::: Source data :::

//! Places of one text in another.
ghost use Rattle.std.specs.Prelude.{◌≡◌, ◌∷◌, []};
ghost use Rattle.vb_strings.specs.Borders.{AreBorders};
ghost use Rattle.vb_strings.specs.Functions.{call_string_of};
ghost use Rattle.vb_value.specs.declared.function.StrFn.TheVariants.{InStr};
ghost use Rattle.vb_value.specs.Errors.{reported};
ghost use Rattle.vb_value.specs.Outcome.{Answers};
ghost use Rattle.vb_strings.specs.Searching as spec;

use crate::borders::borders;
use crate::comparing::{Comparison, comparison_named};
use crate::parts::{at_most, behind};
use crate::places::{first_in, last_place_in};
use crate::results::{before_place, long, most};
use crate::texts::as_text;
use std::alloc::Global;
use vb_value::{Value, VbError, VbFault, is_null, to_long};

/// `InStr`.
pub fn in_str(alloc: Global, args: &[Value]) -> Result<Value, VbFault>
    ensures { Answers result VbFault.Memory (reported (spec.in_str_of args.now)) }
{
    match args {
        [a, b] => first_place(alloc, Ok(1), a, b, Ok(Comparison::Exact)),
        [i, a, b] => first_place(alloc, to_long(i), a, b, Ok(Comparison::Exact)),
        [i, a, b, given] => first_place(alloc, to_long(i), a, b, comparison_named(given)),
        _ => Err(VbError::WRONG_NUMBER)?,
    }
}

/// `InStr` of two values that are lent.
#[tactic(auto, using(crate::proofs::Bounds::same_answers))]
pub fn place_in(alloc: Global, a: &Value, b: &Value) -> Result<Value, VbFault>
    ensures { Answers result VbFault.Memory (reported (call_string_of InStr (a.now ∷ b.now ∷ []))) }
{
    first_place(alloc, Ok(1), a, b, Ok(Comparison::Exact))
}

/// `InStr` from a place on, of values that are lent.
#[tactic(auto, using(crate::proofs::Bounds::same_answers))]
pub fn place_from(alloc: Global, i: &Value, a: &Value, b: &Value) -> Result<Value, VbFault>
    ensures { Answers result VbFault.Memory (reported (call_string_of InStr (i.now ∷ a.now ∷ b.now ∷ []))) }
{
    first_place(alloc, to_long(i), a, b, Ok(Comparison::Exact))
}

/// `InStr` with all its arguments.
fn first_place(
    alloc: Global,
    from: Result<i32, VbError>,
    a: &Value,
    b: &Value,
    comparison: Result<Comparison, VbError>,
) -> Result<Value, VbFault>
    ensures { Answers result VbFault.Memory (reported (spec.in_str from a.now b.now comparison)) }
{
    if is_null(a) || is_null(b) {
        return Ok(Value::Null);
    }
    let from = from?;
    let text = as_text(alloc, a)?;
    let pattern = as_text(alloc, b)?;
    let comparison = comparison?;
    search_from(alloc, comparison, text.as_slice(), pattern.as_slice(), from)
}

/// A search of a text from a place on.
#[tactic(auto, unfolding(crate::specs::Searching::search_from))]
fn search_from(
    alloc: Global,
    comparison: Comparison,
    text: &[char],
    pattern: &[char],
    place: i32,
) -> Result<Value, VbFault>
    ensures { Answers result VbFault.Memory (reported (spec.search_from comparison text.now pattern.now place)) }
{
    let skipped = before_place(place)?;
    let borders = borders(alloc, comparison, pattern)?;
    let place = place_behind(comparison, skipped, text, pattern, borders.as_slice());
    Ok(long(place)?)
}

/// The first place of the pattern behind the skipped characters, 0 where there is none.
fn place_behind(
    comparison: Comparison,
    skipped: usize,
    text: &[char],
    pattern: &[char],
    borders: &[usize],
) -> usize
    requires { AreBorders comparison pattern.now borders.now }
    ensures { result ≡ spec.place_behind comparison skipped text.now pattern.now }
{
    match first_in(comparison, behind(text, skipped), pattern, borders) {
        Some(before) => skipped + before + 1,
        None => 0,
    }
}

/// `InStrRev`.
pub fn in_str_rev(alloc: Global, args: &[Value]) -> Result<Value, VbFault>
    ensures { Answers result VbFault.Memory (reported (spec.in_str_rev_of args.now)) }
{
    match args {
        [a, b] => last_place(alloc, a, b, Ok(-1), Ok(Comparison::Exact)),
        [a, b, i] => last_place(alloc, a, b, to_long(i), Ok(Comparison::Exact)),
        [a, b, i, given] => last_place(alloc, a, b, to_long(i), comparison_named(given)),
        _ => Err(VbError::WRONG_NUMBER)?,
    }
}

/// `InStrRev` with all its arguments.
fn last_place(
    alloc: Global,
    a: &Value,
    b: &Value,
    from: Result<i32, VbError>,
    comparison: Result<Comparison, VbError>,
) -> Result<Value, VbFault>
    ensures { Answers result VbFault.Memory (reported (spec.in_str_rev a.now b.now from comparison)) }
{
    if is_null(a) || is_null(b) {
        return Ok(Value::Null);
    }
    let text = as_text(alloc, a)?;
    let pattern = as_text(alloc, b)?;
    let from = from?;
    let comparison = comparison?;
    search_up_to(alloc, comparison, text.as_slice(), pattern.as_slice(), from)
}

/// A search of a text up to a place, toward the front.
#[tactic(auto, unfolding(crate::specs::Searching::search_up_to))]
fn search_up_to(
    alloc: Global,
    comparison: Comparison,
    text: &[char],
    pattern: &[char],
    place: i32,
) -> Result<Value, VbFault>
    ensures { Answers result VbFault.Memory (reported (spec.search_up_to comparison text.now pattern.now place)) }
{
    let last = end(text, place)?;
    let borders = borders(alloc, comparison, pattern)?;
    let place = place_up_to(comparison, last, text, pattern, borders.as_slice());
    Ok(long(place)?)
}

/// The place at which a search toward the front begins: that of the last character for -1.
fn end(text: &[char], place: i32) -> Result<usize, VbError>
    ensures { result ≡ spec.end_of text.now place }
{
    if place == 0 {
        return Err(VbError::INVALID_CALL);
    }
    most(text.len(), place)
}

/// The last place of the pattern that ends at or before a place, 0 where there is none.
fn place_up_to(
    comparison: Comparison,
    last: usize,
    text: &[char],
    pattern: &[char],
    borders: &[usize],
) -> usize
    requires { AreBorders comparison pattern.now borders.now }
    ensures { result ≡ spec.place_up_to comparison last text.now pattern.now }
{
    if text.len() < last {
        return 0;
    }
    last_place_in(comparison, at_most(text, last), pattern, borders)
}
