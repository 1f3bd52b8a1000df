//! The functions of the language on texts.
#![tactic(auto)]

mod borders;
mod characters;
mod comparing;
mod functions;
mod joining;
mod letters;
mod parts;
mod places;
mod repeating;
mod replacing;
mod results;
mod searching;
mod splitting;
mod texts;

pub use functions::call_string;
pub use searching::{place_from, place_in};
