//! Parts of texts replaced.
ghost use Rattle.std.specs.Prelude.{◌≡◌};
ghost use Rattle.vb_value.specs.Errors.{reported};
ghost use Rattle.vb_value.specs.Outcome.{Answers, Gives};
ghost use Rattle.vb_strings.specs.Replacing as spec;
ghost use Rattle.vb_strings.specs.Results.{bounded};

use crate::comparing::{Comparison, comparison_named};
use crate::joining::joined;
use crate::parts::behind;
use crate::results::{before_place, most};
use crate::splitting::{parts, whole};
use crate::texts::as_text;
use std::alloc::Global;
use vb_value::{List, Memory, Text, Value, VbError, VbFault, to_long};

/// The arguments of `Replace` that may be left out, each converted.
#[derive(Clone, Copy)]
struct Choices {
    place: Result<i32, VbError>,
    number: Result<i32, VbError>,
    comparison: Result<Comparison, VbError>,
}

/// `Replace`.
pub fn replace(alloc: Global, args: &[Value]) -> Result<Value, VbFault>
    ensures { Answers result VbFault.Memory (reported (bounded (spec.replace_of args.now))) }
{
    match args {
        [s, a, b] => replace_value(
            alloc,
            s,
            a,
            b,
            choices_of(Ok(1), Ok(-1), Ok(Comparison::Exact)),
        ),
        [s, a, b, i] => {
            let choices = choices_of(to_long(i), Ok(-1), Ok(Comparison::Exact));
            replace_value(alloc, s, a, b, choices)
        }
        [s, a, b, i, n] => {
            let choices = choices_of(to_long(i), to_long(n), Ok(Comparison::Exact));
            replace_value(alloc, s, a, b, choices)
        }
        [s, a, b, i, n, given] => {
            let choices = choices_of(to_long(i), to_long(n), comparison_named(given));
            replace_value(alloc, s, a, b, choices)
        }
        _ => Err(VbError::WRONG_NUMBER)?,
    }
}

/// The arguments that may be left out.
fn choices_of(
    place: Result<i32, VbError>,
    number: Result<i32, VbError>,
    comparison: Result<Comparison, VbError>,
) -> Choices
    ensures place { result.place ≡ place }
    ensures number { result.number ≡ number }
    ensures comparison { result.comparison ≡ comparison }
{
    Choices {
        place,
        number,
        comparison,
    }
}

/// `Replace` with all its arguments.
fn replace_value(
    alloc: Global,
    s: &Value,
    a: &Value,
    b: &Value,
    choices: Choices,
) -> Result<Value, VbFault>
    ensures { let answer = spec.replace_value s.now a.now b.now choices.place choices.number choices.comparison in
        Answers result VbFault.Memory (reported (bounded answer)) }
{
    let text = as_text(alloc, s)?;
    let pattern = as_text(alloc, a)?;
    let other = as_text(alloc, b)?;
    let place = choices.place?;
    let number = choices.number?;
    let comparison = choices.comparison?;
    let skipped = before_place(place)?;
    let most = most(text.text().len(), number)?;
    let text = behind(text.as_slice(), skipped);
    let parts = around(alloc, comparison, pattern.as_slice(), most, text)?;
    joined(alloc, other.as_slice(), parts.as_slice())
}

/// What stands around the first so many occurrences of the pattern.
fn around(
    alloc: Global,
    comparison: Comparison,
    pattern: &[char],
    most: usize,
    text: &[char],
) -> Result<List<Text>, Memory>
    ensures { Gives result (spec.around comparison pattern.now most text.now) }
{
    if pattern.is_empty() {
        whole(alloc, text)
    } else {
        parts(alloc, comparison, pattern, most, text)
    }
}
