//! The borders of a pattern, by which a search goes on after a partial match (Knuth, Morris and Pratt).
ghost use Rattle.std.specs.Prelude.{IfOk};
ghost use Rattle.vb_strings.specs.Borders as spec;

use crate::comparing::{Comparison, same};
use std::alloc::Global;
use vb_value::{List, Memory};

/// The longest border of each beginning of the pattern, the shortest beginning first. The work is linear in the
/// pattern's length: each step moves the place that is looked at, or the place from which characters agree, on.
pub fn borders(
    alloc: Global,
    comparison: Comparison,
    pattern: &[char],
) -> Result<List<usize>, Memory>
    ensures { IfOk result (λ borders. spec.AreBorders comparison pattern.now borders) }
{
    let mut borders = List::with_capacity(alloc, pattern.len())?;
    if pattern.is_empty() {
        return Ok(borders);
    }
    borders.push(0)?;
    let mut start = 1;
    let mut matched = 0;
    while start + matched < pattern.len() {
        if same(comparison, pattern[start + matched], pattern[matched]) {
            matched += 1;
            borders.push(matched)?;
        } else if matched == 0 {
            borders.push(0)?;
            start += 1;
        } else {
            let border = borders.as_slice()[matched - 1];
            start += matched - border;
            matched = border;
        }
    }
    Ok(borders)
}
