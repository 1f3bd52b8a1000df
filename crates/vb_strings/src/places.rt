//! The first and the last place of a pattern in a text, each by one pass (Knuth, Morris and Pratt).
ghost use Rattle.std.specs.Prelude.{◌≡◌, ◌+◌, ◌≤◌, IfSome, length};
ghost use Rattle.vb_strings.specs.Borders.{AreBorders};
ghost use Rattle.vb_strings.specs.Searching as spec;

use crate::comparing::{Comparison, same};

/// How many characters stand before the first place at which the pattern stands in the text. Each step reads one
/// character further or tries a later place, so there are at most twice as many as the text has characters.
pub fn first_in(
    comparison: Comparison,
    text: &[char],
    pattern: &[char],
    borders: &[usize],
) -> Option<usize>
    requires { AreBorders comparison pattern.now borders.now }
    ensures place { result ≡ spec.first_in comparison text.now pattern.now }
    ensures within { IfSome result (λ before. before + length pattern.now ≤ length text.now) }
{
    if pattern.is_empty() {
        return if text.is_empty() { None } else { Some(0) };
    }
    let mut start = 0;
    let mut matched = 0;
    while start + matched < text.len() {
        if same(comparison, text[start + matched], pattern[matched]) {
            matched += 1;
            if matched == pattern.len() {
                return Some(start);
            }
        } else if matched == 0 {
            start += 1;
        } else {
            let border = borders[matched - 1];
            start += matched - border;
            matched = border;
        }
    }
    None
}

/// The last place at which the pattern stands in the text, counted from 1, and 0 where it stands nowhere. After a
/// match the search goes on as after a partial one.
pub fn last_place_in(
    comparison: Comparison,
    text: &[char],
    pattern: &[char],
    borders: &[usize],
) -> usize
    requires { AreBorders comparison pattern.now borders.now }
    ensures { result ≡ spec.place_of 0 (spec.last_in comparison text.now pattern.now) }
{
    if pattern.is_empty() {
        return text.len();
    }
    let mut last = 0;
    let mut start = 0;
    let mut matched = 0;
    while start + matched < text.len() {
        if same(comparison, text[start + matched], pattern[matched]) {
            matched += 1;
            if matched == pattern.len() {
                last = start + 1;
                let border = borders[matched - 1];
                start += matched - border;
                matched = border;
            }
        } else if matched == 0 {
            start += 1;
        } else {
            let border = borders[matched - 1];
            start += matched - border;
            matched = border;
        }
    }
    last
}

:::

§ Instructions for the task: Go through the listing above and copy each line that contains "stands".

§ Answer box:
/// What stands around the first so many occurrences of the pattern.
/// How many characters stand before the first place at which the pattern stands in the text. Each step reads one
/// The last place at which the pattern stands in the text, counted from 1, and 0 where it stands nowhere. After a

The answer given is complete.